### Input data
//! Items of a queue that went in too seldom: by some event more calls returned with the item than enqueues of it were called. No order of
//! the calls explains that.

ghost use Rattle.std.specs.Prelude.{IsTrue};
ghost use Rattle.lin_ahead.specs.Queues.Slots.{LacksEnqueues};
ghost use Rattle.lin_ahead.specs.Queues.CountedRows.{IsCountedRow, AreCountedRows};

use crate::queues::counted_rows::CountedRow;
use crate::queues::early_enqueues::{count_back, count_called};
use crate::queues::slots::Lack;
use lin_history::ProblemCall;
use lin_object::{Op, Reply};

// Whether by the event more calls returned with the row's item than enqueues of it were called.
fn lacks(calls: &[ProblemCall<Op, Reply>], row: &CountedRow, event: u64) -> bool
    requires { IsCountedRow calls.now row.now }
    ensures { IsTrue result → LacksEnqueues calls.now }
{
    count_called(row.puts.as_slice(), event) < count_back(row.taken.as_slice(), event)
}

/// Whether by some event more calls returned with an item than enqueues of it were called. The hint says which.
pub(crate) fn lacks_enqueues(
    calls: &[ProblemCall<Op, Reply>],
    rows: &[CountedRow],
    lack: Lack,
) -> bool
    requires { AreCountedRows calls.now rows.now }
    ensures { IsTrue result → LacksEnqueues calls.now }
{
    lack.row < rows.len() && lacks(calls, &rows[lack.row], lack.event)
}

### Problem
When a line in the material above holds the word "requires", copy that line.

### Answer to this exercise
    requires { IsCountedRow calls.now row.now }
    requires { AreCountedRows calls.now rows.now }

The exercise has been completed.